===== DATA FOR PROCESSING =====

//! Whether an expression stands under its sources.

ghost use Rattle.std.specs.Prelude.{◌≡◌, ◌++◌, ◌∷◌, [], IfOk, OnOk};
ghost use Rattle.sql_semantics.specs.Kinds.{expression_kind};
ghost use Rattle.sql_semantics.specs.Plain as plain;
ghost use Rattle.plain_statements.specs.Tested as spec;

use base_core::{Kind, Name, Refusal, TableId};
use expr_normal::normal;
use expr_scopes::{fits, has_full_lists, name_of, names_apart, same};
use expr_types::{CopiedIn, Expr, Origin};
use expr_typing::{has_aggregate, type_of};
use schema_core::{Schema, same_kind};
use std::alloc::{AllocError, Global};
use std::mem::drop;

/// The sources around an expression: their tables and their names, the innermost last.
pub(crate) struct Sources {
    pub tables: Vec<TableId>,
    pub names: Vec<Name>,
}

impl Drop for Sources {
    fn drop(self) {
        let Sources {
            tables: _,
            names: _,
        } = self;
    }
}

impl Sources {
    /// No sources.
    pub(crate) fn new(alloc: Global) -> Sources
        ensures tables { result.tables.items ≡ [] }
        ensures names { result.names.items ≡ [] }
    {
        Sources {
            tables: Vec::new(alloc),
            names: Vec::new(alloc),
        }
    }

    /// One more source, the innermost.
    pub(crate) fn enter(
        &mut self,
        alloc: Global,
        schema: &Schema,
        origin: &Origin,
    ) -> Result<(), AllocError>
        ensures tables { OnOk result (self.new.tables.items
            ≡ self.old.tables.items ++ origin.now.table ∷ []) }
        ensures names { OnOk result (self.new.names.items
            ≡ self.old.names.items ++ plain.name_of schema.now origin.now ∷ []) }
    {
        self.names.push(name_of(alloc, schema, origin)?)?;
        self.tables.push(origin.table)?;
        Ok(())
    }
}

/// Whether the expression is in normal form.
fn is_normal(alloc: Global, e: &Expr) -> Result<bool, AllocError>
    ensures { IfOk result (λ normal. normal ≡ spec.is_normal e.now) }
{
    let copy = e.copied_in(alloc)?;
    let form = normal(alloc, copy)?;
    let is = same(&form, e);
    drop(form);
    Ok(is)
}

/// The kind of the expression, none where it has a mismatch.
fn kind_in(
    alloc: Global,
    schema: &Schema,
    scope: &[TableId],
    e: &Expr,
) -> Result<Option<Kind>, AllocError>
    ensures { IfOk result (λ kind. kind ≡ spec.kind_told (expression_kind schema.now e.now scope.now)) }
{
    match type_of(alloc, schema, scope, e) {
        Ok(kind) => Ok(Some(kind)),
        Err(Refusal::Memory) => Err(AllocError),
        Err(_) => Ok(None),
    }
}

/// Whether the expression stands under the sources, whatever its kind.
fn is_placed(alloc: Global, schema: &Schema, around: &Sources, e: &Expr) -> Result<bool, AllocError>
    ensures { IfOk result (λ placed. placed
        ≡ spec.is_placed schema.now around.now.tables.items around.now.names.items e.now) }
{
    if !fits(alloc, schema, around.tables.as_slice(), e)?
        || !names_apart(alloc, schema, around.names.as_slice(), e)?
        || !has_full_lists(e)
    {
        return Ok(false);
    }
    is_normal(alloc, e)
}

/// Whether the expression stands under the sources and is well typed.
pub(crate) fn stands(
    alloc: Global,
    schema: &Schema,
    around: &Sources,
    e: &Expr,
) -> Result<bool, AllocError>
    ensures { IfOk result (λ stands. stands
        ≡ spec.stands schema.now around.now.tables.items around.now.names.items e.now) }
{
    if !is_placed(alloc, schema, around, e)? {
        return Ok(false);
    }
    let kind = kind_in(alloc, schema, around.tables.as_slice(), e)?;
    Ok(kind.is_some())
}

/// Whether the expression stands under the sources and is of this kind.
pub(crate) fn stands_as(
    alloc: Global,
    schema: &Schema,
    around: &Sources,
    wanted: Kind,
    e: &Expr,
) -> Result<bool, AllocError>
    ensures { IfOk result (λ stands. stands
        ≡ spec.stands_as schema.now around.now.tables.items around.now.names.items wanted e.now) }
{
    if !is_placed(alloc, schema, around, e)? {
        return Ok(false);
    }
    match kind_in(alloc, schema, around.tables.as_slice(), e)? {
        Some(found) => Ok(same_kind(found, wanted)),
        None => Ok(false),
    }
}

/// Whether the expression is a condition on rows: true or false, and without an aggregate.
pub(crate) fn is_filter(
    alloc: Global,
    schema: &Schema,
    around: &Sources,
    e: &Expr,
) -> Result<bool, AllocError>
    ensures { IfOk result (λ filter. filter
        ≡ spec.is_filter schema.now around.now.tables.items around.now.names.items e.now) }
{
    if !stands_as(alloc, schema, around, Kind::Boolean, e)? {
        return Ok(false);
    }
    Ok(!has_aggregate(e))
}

=====

### WORK REQUIRED
Gather every line from the entries above where the word "specs" appears, and copy them.

### WRITTEN RESPONSE
ghost use Rattle.std.specs.Prelude.{◌≡◌, ◌++◌, ◌∷◌, [], IfOk, OnOk};
ghost use Rattle.sql_semantics.specs.Kinds.{expression_kind};
ghost use Rattle.sql_semantics.specs.Plain as plain;
ghost use Rattle.plain_statements.specs.Tested as spec;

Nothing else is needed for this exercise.